The Lincoln Library Film Society presents ” JaNOIRy: British Film Noir” starting with the Blue Lamp on Tuesday, Jan. 7 at 7 p.m. All screenings are in the Lincoln Public Library’s Tarbell Room (for more information, call 781-259-8465 or email Lincolnlibraryfilmsociety@gmail.com).
Each January, the group shines a (dark) spotlight on the shadowy world of film noir—dark, hard-edged crime thrillers made mainly in the 1940s and 50s—and this month you’ll see how the British did it. Those who attended last year’s program of Scandinavian noir may have some idea what we’re in for: desperate criminals, cynical detectives, and smart-talking femmes fatale from the depths of the post-war urban wasteland.
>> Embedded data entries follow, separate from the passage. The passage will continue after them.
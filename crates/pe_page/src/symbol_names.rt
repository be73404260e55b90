//! `SymbolNames`: the names of an object's symbols, by index.

ghost use Rattle.std.specs.Prelude.{◌≡◌, ◌==◌, ◌<◌, ◌≤◌, [], AllPairs, length, option_map, IfOk, if◌then◌else◌};
ghost use Rattle.std.specs.List.{find};
ghost use Rattle.std.specs.List.Sorted.{IsPartitionPoint};
ghost use Rattle.coff_read.specs.EitherObject.{form_of, file_of};
ghost use Rattle.pe_page.specs.Objects.{named, symbol_names};

use coff_read::EitherObject;
use std::alloc::{AllocError, Allocator};

/// The names of an object's symbols, by the index of the symbol's record.
#[derive(Drop)]
pub struct SymbolNames<'a, A: Allocator> {
    names: Vec<(u32, &'a [u8]), A>,
    ghost ascend: { AllPairs (λ name later. name.0 < later.0) names.items },
}

/// The position of the first name whose index is at least `index`, among names ordered by index.
fn first_from(names: &[(u32, &[u8])], index: u32) -> usize
    requires { AllPairs (λ name later. name.0 < later.0) names.now }
    ensures bound { result ≤ length names.now }
    ensures point { IsPartitionPoint (λ name. name.0 < index) (λ name. index ≤ name.0) names.now result }
{
    names.partition_point(|name| name.0 < index)
}

/// The name with an index, among names ordered by index.
fn name_under<'a>(names: &[(u32, &'a [u8])], index: u32) -> Option<&'a [u8]>
    requires { AllPairs (λ name later. name.0 < later.0) names.now }
    ensures { result ≡ option_map (λ name. name.1) (find (λ name. name.0 == index) names.now) }
{
    let place = first_from(names, index);
    if place == names.len() {
        return None;
    }
    let (found, name) = names[place];
    if found != index {
        return None;
    }
    Some(name)
}

impl<'a, A: Allocator + Copy> SymbolNames<'a, A> {
    /// The names of an object's symbols, or none if they are not needed; then it allocates nothing.
    pub fn new(
        alloc: A,
        object: &EitherObject<'a>,
        is_wanted: bool,
    ) -> Result<SymbolNames<'a, A>, AllocError>
        ensures { IfOk result (λ read. named read.names.items ≡ (if is_wanted then symbol_names (form_of object.now) (file_of object.now) else [])) }
    {
        let mut names = Vec::new(alloc);
        if !is_wanted {
            return Ok(SymbolNames { names });
        }
        names.reserve(object.symbol_count())?;
        for (index, symbol) in object.each_symbol(alloc) {
            names.push((index, symbol.name))?;
        }
        Ok(SymbolNames { names })
    }

    /// The name of the symbol whose first record has this index; `None` for an auxiliary record.
    pub fn get(&self, index: u32) -> Option<&'a [u8]>
        ensures { result ≡ option_map (λ name. name.1) (find (λ name. name.0 == index) self.now.names.items) }
    {
        name_under(self.names.as_slice(), index)
    }
}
Oftentimes cheaply produced and formulaic, the film noir elevated low-key lighting to a high art, with black dominating the black-and-white cinematography. Never a distinct genre (at least, not at the time it was active), such films are today identified as sharing similar atmospheres, design, and themes. Noirish elements made their way into spy thrillers, “kitchen sink” dramas, and even musicals from Great Britain in the 1930s through the early 1960s. While British noir is seldom as violent or as existential as its American counterparts—the 1940 version of Gaslight springs to mind—a few, such as Jules Dassin’s Night and the City (1950), are examples of the stereotypically hard-boiled cheapie. Although less differentiated in their own rite, they nonetheless form an intriguing chapter in the story of British cinema, a corner that stayed dark well after the blackouts ended.
The Blue Lamp — January 7
UK / 1950 / English /81 minutes
An early appearance of the pair that would become synonymous with British noir, director Basil Dearden and star Dirk Bogarde (the latter very young here), The Blue Lamp is an innovative fusion of the pseudo-documentary style with police drama. While the film takes a rather uncritical look at London’s police force, its examination of the “new breed” of post-war criminals prefigures the social realism of Tony Richardson and Lindsay Anderson films. Bogarde plays a young ruffian who goes on the run after murdering a bobby. It takes a combined effort of local gangsters and decent folk to eventually bring him down. Produced at Ealing Studios, the film also became the basis for the immensely popular spin-off television series, Dixon of Dock Green.
Obsession — January 14
UK / 1949 / English / 93 minutes
“Hidden love! Hidden hate! Hidden fear!” shouts one poster for the film released in the UK as The Hidden Room. One of a handful of films made in Britain by blacklisted American director Edward Dmytryk (one of the infamous “Hollywood ten”), Obsession unspools a “perfect murder” scenario in which genteel psychiatrist Clive Riordan, pushed too far by his wife’s many affairs, kidnaps her latest admirer and locks the man in an underground bunker. The film follows both the scrupulous methodology of the vengeful husband and the efforts of Scotland Yard to track down the missing man before it is too late.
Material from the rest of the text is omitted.